Hunt through the lines below for the string "append" and copy each one that has it.

- Opening Delimiter -

//! What members make of rows: of their merges with what was looked up or found for them (SPARQL 1.1
//! Query, section 18.5).
ghost use Rattle.std.specs.Prelude.{◌≡◌, ◌&&◌, ◌++◌, ◌<◌, ◌≤◌, ◌∷◌, [], false, true, IfOk, IfSome, IsTrue, drop, filter, length, map, take};
ghost use Rattle.std.specs.List.{flat_map, list_all};
ghost use Rattle.sparql_algebra.specs.Algebra.{element};
ghost use Rattle.sparql_algebra.specs.Bags.{SameBag};
ghost use Rattle.sparql_algebra.specs.Solutions.{merges, or_alone, satisfies};
ghost use Rattle.sparql_algebra.specs.Under.{agreeing};
ghost use Rattle.sparql_values.specs.Mapping.{empty_mapping, merge};
ghost use Rattle.sparql_solve.specs.Members.{element_solutions};
ghost use Rattle.sparql_solve.specs.Partners.{AreFound, asks_end, has_no_condition};
ghost use Rattle.sparql_solve.specs.Steps.{Begins};
ghost use Rattle.sparql_solve.specs.Under.{AreEnough, AreMade, IsLookUpFor, IsLookUpOf, asked, binds_none, counting, is_removed, is_served, kept, masked, met, own_columns, where_none};

use crate::above::Above;
use crate::basic::{is_unbound_in, own_columns};
use crate::evaluation::{Evaluation, Scope};
use crate::filters::filtered_rows;
use crate::flags::Flags;
use crate::grown::are_told_in;
use crate::joins::{join, join_moved, left_join, left_join_moved, or_alone};
use crate::look_ups::{
    Graphs, LookUp, asks_all_same, few_found, found_rows, grown_rows, lone_pattern, rows_of_found,
    some_found,
};
use crate::mappings::Mapping;
use crate::members::{is_joined, is_removed};
use crate::minus::{minus, minus_moved};
use crate::partners::{all_ask_end, has_no_condition, rows_beside_quads};
use crate::place::Places;
use crate::sharing::{few_beside, look_ups_under, served_len, served_rows, stops_looking};
use rdf_dataset::Source;
use rdf_terms::{GraphName, NoMemory, Quad};
use sparql_trees::{Expression, Member};
use sparql_values::SortedNames;
use std::alloc::Global;
use std::collections::VecDeque;

/// What was made of the first rows, where the others may have been left.
#[derive(Drop)]
pub(crate) struct Made {
    pub(crate) rows: Vec<Mapping>,
    /// Of how many rows.
    pub(crate) done: usize,
}

/// What was made of the first rows by look-ups under each of them, and the rows that are left.
#[derive(Drop)]
pub(crate) struct Begun {
    pub(crate) rows: Vec<Mapping>,
    pub(crate) rest: Vec<Mapping>,
    /// Whether look-ups under each of these would be slow; else there are none.
    pub(crate) is_slow: bool,
}

/// Nothing is made: there are no look-ups.
pub(crate) fn nothing_begun(alloc: Global, rows: Vec<Mapping>) -> Begun
    ensures made { result.rows.items ≡ [] }
    ensures rest { result.rest.items ≡ rows.items }
{
    Begun {
        rows: Vec::new(alloc),
        rest: rows,
        is_slow: false,
    }
}

// All is made: no rows are left.
fn all_made(alloc: Global, rows: Vec<Mapping>) -> Begun
    ensures made { result.rows.items ≡ rows.items }
    ensures rest { result.rest.items ≡ [] }
{
    Begun {
        rows,
        rest: Vec::new(alloc),
        is_slow: false,
    }
}

// What was made by look-ups, and the rows that are left.
fn begun_with(rows: Vec<Mapping>, rest: VecDeque<Mapping>) -> Begun
    ensures made { result.rows.items ≡ rows.items }
    ensures rest { result.rest.items ≡ rest.items }
{
    Begun {
        rows,
        rest: rest.into_vec(),
        is_slow: true,
    }
}

/// What was found for rows that have the same where it was asked for.
#[derive(Drop)]
pub(crate) struct Found {
    /// What they have there.
    pub(crate) columns: Mapping,
    pub(crate) rows: Vec<Mapping>,
}

/// The rows that are compatible with this one.
pub(crate) fn compatible_rows(
    alloc: Global,
    under: &Above,
    rows: Vec<Mapping>,
) -> Result<Vec<Mapping>, NoMemory>
    ensures { IfOk result (λ out. out.items ≡ agreeing rows.items under.now) }
{
    if under.is_unbound() {
        return Ok(rows);
    }
    let mut out = Vec::new(alloc);
    for row in rows {
        if under.is_compatible(&row) {
            out.push(row)?;
        }
    }
    Ok(out)
}

/// The rows with what another one binds.
pub(crate) fn rows_with(
    alloc: Global,
    rows: &[Mapping],
    bound: &Mapping,
) -> Result<Vec<Mapping>, NoMemory>
    ensures { IfOk result (λ out. out.items ≡ map (λ x. merge x bound.now) rows.now) }
{
    let mut out = Vec::with_capacity(alloc, rows.len())?;
    for row in rows {
        out.push(row.merged(alloc, bound)?)?;
    }
    Ok(out)
}

/// The rows, and others behind them.
pub(crate) fn rows_and(
    mut rows: Vec<Mapping>,
    mut others: Vec<Mapping>,
) -> Result<Vec<Mapping>, NoMemory>
    ensures { IfOk result (λ out. out.items ≡ rows.items ++ others.items) }
{
    rows.append(&mut others)?;
    Ok(rows)
}

/// The rows of which each of the filters is true, with what another one binds.
pub(crate) fn passed_with(
    scope: &Scope,
    rows: Vec<Mapping>,
    filters: &[Expression],
    bound: &Mapping,
) -> Result<Vec<Mapping>, NoMemory>
    ensures { IfOk result (λ out. out.items ≡ map (λ x. merge x bound.now)
        (filter (satisfies scope.now.variables.now filters.now) rows.items)) }
{
    let passed = filtered_rows(scope, rows, filters)?;
    rows_with(scope.alloc, &passed, bound)
}

/// Under what a member is found for a row that stands under another one: OPTIONAL and MINUS under
/// the row alone.
pub(crate) fn asked(
    alloc: Global,
    member: &Member,
    under: &Above,
    row: &Mapping,
) -> Result<Above, NoMemory>
    ensures { IfOk result (λ out. out ≡ asked (element member.now) under.now row.now) }
{
    match member {
        Member::Optional(_) | Member::Minus(_) => Ok(Above::of(row.copy(alloc)?)),
        Member::Basic(_) | Member::Union(_) | Member::Graph(_, _) => under.merged(alloc, row),
    }
}

/// Under what a member is found for all rows at once.
pub(crate) fn asked_once(scope: &Scope, member: &Member, under: &Above) -> Result<Above, NoMemory>
    ensures { IfOk result (λ out. out
        ≡ asked (element member.now) under.now (empty_mapping scope.now.variables.now)) }
{
    let nothing = Mapping::unbound(scope.alloc, scope.variables)?;
    asked(scope.alloc, member, under, &nothing)
}

// The row, where there is none of these.
fn where_none(alloc: Global, row: &Mapping, merged: &[Mapping]) -> Result<Vec<Mapping>, NoMemory>
    ensures { IfOk result (λ out. out.items ≡ where_none row.now merged.now) }
{
    let mut out = Vec::new(alloc);
    if merged.is_empty() {
        out.push(row.copy(alloc)?)?;
    }
    Ok(out)
}

// What a member makes of a row, whose merges with what counts for it these are. The filters of
// OPTIONAL's own group are its condition.
fn passed_rows(
    scope: &Scope,
    row: &Mapping,
    merged: Vec<Mapping>,
    member: &Member,
) -> Result<Vec<Mapping>, NoMemory>
    ensures { IfOk result (λ out. out.items
        ≡ kept scope.now.variables.now (element member.now) row.now merged.items) }
{
    match member {
        Member::Optional(pattern) => {
            let filters = pattern.filters.as_slice();
            let passed = filtered_rows(scope, merged, filters)?;
            or_alone(scope.alloc, row, passed)
        }
        Member::Minus(_) => where_none(scope.alloc, row, &merged),
        Member::Basic(_) | Member::Union(_) | Member::Graph(_, _) => Ok(merged),
    }
}

// Of what a member makes of a row what is compatible with the row above.
fn kept_rows(
    scope: &Scope,
    row: &Mapping,
    merged: Vec<Mapping>,
    member: &Member,
    under: &Above,
) -> Result<Vec<Mapping>, NoMemory>
    ensures { IfOk result (λ out. out.items
        ≡ agreeing (kept scope.now.variables.now (element member.now) row.now merged.items)
        under.now) }
{
    let passed = passed_rows(scope, row, merged, member)?;
    compatible_rows(scope.alloc, under, passed)
}

// The merges of a row with those that are compatible with it.
fn merges_of(alloc: Global, row: &Mapping, found: &[Mapping]) -> Result<Vec<Mapping>, NoMemory>
    ensures { IfOk result (λ out. out.items ≡ merges found.now row.now) }
{
    let mut out = Vec::new(alloc);
    for other in found {
        if row.is_compatible(other) {
            out.push(row.merged(alloc, other)?)?;
        }
    }
    Ok(out)
}

// What a member makes of a row with what was found for it.
fn made_rows(
    scope: &Scope,
    row: &Mapping,
    found: &[Mapping],
    member: &Member,
    under: &Above,
) -> Result<Vec<Mapping>, NoMemory>
    ensures { IfOk result (λ out. out.items ≡ agreeing (kept scope.now.variables.now
        (element member.now)
        row.now (merges found.now row.now)) under.now) }
{
    let merged = merges_of(scope.alloc, row, found)?;
    kept_rows(scope, row, merged, member, under)
}

// What a member makes of rows, joined by key with what was found for all of them.
fn joined_rows(
    scope: &Scope,
    rows: &[Mapping],
    found: &[Mapping],
    member: &Member,
) -> Result<Vec<Mapping>, NoMemory>
    ensures { IfOk result (λ out. SameBag out.items (flat_map (λ x. kept scope.now.variables.now
        (element member.now) x (merges (met (element member.now) x found.now) x)) rows.now)) }
{
    match member {
        Member::Optional(pattern) => {
            let filters = pattern.filters.as_slice();
            left_join(scope, rows, found, filters)
        }
        Member::Minus(_) => minus(scope.alloc, rows, found),
        Member::Basic(_) | Member::Union(_) | Member::Graph(_, _) => join(scope.alloc, rows, found),
    }
}

// The same of rows that are moved on where they stay.
fn joined_moved(
    scope: &Scope,
    rows: Vec<Mapping>,
    found: &[Mapping],
    member: &Member,
) -> Result<Vec<Mapping>, NoMemory>
    ensures { IfOk result (λ out. SameBag out.items (flat_map (λ x. kept scope.now.variables.now
        (element member.now) x (merges (met (element member.now) x found.now) x)) rows.items)) }
{
    match member {
        Member::Optional(pattern) => {
            let conditions = pattern.filters.as_slice();
            left_join_moved(scope, rows, found, conditions)
        }
        Member::Minus(_) => minus_moved(scope.alloc, rows, found),
        Member::Basic(_) | Member::Union(_) | Member::Graph(_, _) => {
            join_moved(scope.alloc, rows, found)
        }
    }
}

/// What a member makes of rows, joined by key with what was found for all of them; of that what is
/// compatible with the row above.
pub(crate) fn rows_beside(
    scope: &Scope,
    rows: &[Mapping],
    found: &[Mapping],
    member: &Member,
    under: &Above,
) -> Result<Vec<Mapping>, NoMemory>
    ensures { IfOk result (λ out. SameBag out.items (flat_map (λ x. agreeing
        (kept scope.now.variables.now
        (element member.now) x (merges (met (element member.now) x found.now) x)) under.now)
        rows.now)) }
{
    let joined = joined_rows(scope, rows, found, member)?;
    compatible_rows(scope.alloc, under, joined)
}

// What a member makes of rows that are moved on, joined by key with what was found for all of them;
// of that what is compatible with the row above.
fn rows_moved_beside(
    scope: &Scope,
    rows: Vec<Mapping>,
    found: &[Mapping],
    member: &Member,
    under: &Above,
) -> Result<Vec<Mapping>, NoMemory>
    ensures { IfOk result (λ out. SameBag out.items (flat_map (λ x. agreeing
        (kept scope.now.variables.now
        (element member.now) x (merges (met (element member.now) x found.now) x)) under.now)
        rows.items)) }
{
    let made = joined_moved(scope, rows, found, member)?;
    compatible_rows(scope.alloc, under, made)
}

// What a member makes of rows one by one.
fn rows_one_by_one(
    scope: &Scope,
    rows: &[Mapping],
    found: &[Mapping],
    member: &Member,
    under: &Above,
) -> Result<Vec<Mapping>, NoMemory>
    ensures { IfOk result (λ out. out.items ≡ flat_map (λ x. agreeing (kept scope.now.variables.now
        (element member.now) x (merges found.now x)) under.now) rows.now) }
{
    let mut out = Vec::new(scope.alloc);
    for row in rows {
        let mut made = made_rows(scope, row, found, member, under)?;
        out.append(&mut made)?;
    }
    Ok(out)
}

/// What a member makes of rows with what was found for all of them. MINUS takes away by key: all of
/// it may be compatible with each of them, and have no variable in common with any.
pub(crate) fn rows_served(
    scope: &Scope,
    rows: &[Mapping],
    found: &[Mapping],
    member: &Member,
    under: &Above,
) -> Result<Vec<Mapping>, NoMemory>
    ensures { IfOk result (λ out. SameBag out.items (flat_map (λ x. agreeing
        (kept scope.now.variables.now
        (element member.now) x (merges (met (element member.now) x found.now) x)) under.now)
        rows.now)) }
{
    if is_removed(member) {
        return rows_beside(scope, rows, found, member, under);
    }
    rows_one_by_one(scope, rows, found, member, under)
}
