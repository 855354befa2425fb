//! One link of a server: its frames are requests of one session, asked of the lock in turn with those of others.
#![tactic(auto)]

mod askers;
mod ends;
mod laws;
mod replies;
mod sessions;

pub use ends::SessionEnd;
pub use laws::sessions_last;
pub use sessions::serve_session;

- Closing Delimiter -

*RESPONSE TO THIS TASK*.
    rows.append(&mut others)?;
        out.append(&mut made)?;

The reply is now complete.